## YOUR OBJECTIVE
In the data below, which lines hold "that"? Copy every one.
- - - - -
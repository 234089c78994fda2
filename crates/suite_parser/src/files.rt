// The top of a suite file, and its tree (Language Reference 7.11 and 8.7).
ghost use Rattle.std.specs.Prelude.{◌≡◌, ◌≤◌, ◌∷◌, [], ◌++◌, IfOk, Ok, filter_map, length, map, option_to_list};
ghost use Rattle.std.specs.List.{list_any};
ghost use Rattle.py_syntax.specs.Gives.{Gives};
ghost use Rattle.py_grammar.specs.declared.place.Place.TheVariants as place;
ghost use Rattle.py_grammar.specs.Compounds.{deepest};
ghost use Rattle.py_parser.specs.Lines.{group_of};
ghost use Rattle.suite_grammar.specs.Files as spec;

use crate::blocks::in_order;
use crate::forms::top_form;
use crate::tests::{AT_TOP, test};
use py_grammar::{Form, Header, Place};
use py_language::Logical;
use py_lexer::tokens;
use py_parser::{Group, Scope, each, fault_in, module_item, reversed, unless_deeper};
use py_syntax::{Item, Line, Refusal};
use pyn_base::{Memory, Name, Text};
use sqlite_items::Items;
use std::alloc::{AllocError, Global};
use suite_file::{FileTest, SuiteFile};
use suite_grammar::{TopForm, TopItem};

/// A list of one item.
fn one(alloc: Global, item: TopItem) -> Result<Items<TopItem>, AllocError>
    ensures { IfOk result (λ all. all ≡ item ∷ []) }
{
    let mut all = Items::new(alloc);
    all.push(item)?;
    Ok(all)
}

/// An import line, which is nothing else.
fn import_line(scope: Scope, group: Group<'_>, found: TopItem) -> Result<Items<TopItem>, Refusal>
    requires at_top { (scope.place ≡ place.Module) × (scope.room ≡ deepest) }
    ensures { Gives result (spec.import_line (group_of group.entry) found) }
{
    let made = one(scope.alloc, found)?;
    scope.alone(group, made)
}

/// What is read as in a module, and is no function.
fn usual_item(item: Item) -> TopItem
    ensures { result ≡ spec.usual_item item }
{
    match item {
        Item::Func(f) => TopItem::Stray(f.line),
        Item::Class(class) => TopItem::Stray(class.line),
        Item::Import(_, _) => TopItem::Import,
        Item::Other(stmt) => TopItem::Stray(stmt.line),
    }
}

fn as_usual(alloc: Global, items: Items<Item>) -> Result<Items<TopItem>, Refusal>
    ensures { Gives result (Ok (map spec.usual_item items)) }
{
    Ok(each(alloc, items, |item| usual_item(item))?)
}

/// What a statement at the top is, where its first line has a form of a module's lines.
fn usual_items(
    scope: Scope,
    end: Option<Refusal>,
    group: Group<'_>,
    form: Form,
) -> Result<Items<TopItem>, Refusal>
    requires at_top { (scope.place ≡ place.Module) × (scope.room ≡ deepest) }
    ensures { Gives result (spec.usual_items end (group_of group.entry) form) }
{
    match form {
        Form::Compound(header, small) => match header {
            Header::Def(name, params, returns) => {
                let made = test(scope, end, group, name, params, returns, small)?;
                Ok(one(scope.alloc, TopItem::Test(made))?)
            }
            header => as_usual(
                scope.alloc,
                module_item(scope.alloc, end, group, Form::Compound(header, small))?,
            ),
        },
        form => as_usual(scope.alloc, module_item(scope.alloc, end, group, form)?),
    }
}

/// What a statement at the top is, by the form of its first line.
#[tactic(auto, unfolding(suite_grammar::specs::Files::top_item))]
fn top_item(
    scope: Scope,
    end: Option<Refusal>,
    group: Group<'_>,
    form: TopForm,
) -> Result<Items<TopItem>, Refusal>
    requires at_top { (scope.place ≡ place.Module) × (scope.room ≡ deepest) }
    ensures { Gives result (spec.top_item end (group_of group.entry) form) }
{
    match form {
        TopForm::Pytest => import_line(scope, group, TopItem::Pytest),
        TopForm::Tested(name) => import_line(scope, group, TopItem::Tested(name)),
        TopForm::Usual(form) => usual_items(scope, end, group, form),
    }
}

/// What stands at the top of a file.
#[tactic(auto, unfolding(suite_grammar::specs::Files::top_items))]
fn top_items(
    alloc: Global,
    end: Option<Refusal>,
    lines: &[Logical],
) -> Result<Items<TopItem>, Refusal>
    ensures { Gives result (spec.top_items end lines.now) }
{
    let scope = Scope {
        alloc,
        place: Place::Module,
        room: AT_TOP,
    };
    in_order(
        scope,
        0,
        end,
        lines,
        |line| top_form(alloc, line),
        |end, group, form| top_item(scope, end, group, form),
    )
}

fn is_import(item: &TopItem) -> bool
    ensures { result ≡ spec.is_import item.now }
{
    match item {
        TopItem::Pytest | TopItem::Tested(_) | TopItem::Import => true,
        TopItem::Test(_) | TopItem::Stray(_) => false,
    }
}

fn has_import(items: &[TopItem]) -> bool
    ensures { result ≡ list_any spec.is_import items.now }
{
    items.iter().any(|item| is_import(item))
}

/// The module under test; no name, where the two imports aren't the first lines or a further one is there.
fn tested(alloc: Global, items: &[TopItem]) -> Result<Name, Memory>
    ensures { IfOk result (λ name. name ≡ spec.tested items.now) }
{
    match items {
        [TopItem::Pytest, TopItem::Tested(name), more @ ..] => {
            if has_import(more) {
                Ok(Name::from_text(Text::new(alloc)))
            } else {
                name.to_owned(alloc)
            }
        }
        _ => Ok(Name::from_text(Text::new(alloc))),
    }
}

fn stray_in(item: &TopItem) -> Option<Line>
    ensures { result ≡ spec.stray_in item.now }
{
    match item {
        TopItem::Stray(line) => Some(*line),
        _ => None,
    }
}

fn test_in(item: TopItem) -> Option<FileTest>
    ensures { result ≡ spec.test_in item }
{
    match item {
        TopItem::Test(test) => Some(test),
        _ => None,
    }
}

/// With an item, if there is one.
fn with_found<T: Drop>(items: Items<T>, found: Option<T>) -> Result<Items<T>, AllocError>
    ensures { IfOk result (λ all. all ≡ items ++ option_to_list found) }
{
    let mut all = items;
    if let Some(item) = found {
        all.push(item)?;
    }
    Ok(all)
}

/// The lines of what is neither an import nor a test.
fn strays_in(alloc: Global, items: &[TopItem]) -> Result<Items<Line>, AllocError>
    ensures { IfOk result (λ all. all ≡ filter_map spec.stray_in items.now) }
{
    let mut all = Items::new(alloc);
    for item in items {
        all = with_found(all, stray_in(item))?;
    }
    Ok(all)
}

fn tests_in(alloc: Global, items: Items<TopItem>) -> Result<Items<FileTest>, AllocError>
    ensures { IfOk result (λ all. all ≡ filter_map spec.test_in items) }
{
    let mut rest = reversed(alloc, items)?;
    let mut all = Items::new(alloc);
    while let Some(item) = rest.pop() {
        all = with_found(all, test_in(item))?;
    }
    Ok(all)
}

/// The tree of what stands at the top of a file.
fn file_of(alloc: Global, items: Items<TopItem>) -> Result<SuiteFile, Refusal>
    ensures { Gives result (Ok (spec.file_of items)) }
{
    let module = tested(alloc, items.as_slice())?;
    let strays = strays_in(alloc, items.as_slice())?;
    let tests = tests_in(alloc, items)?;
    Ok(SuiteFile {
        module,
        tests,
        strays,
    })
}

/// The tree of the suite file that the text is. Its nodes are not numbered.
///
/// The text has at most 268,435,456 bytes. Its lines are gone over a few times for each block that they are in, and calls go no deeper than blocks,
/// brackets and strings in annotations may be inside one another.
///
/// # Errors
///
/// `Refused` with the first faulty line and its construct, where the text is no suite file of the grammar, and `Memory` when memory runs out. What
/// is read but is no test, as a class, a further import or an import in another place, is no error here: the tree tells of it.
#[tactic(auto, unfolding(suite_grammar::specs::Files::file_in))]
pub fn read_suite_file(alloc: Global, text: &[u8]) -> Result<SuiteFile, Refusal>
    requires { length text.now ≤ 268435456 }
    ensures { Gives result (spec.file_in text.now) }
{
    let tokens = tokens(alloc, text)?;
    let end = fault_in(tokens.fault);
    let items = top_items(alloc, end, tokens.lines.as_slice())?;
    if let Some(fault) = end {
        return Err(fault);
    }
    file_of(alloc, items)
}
- - - - -
## RESPONSE TO THE TASK
/// The tree of the suite file that the text is. Its nodes are not numbered.
/// The text has at most 268,435,456 bytes. Its lines are gone over a few times for each block that they are in, and calls go no deeper than blocks,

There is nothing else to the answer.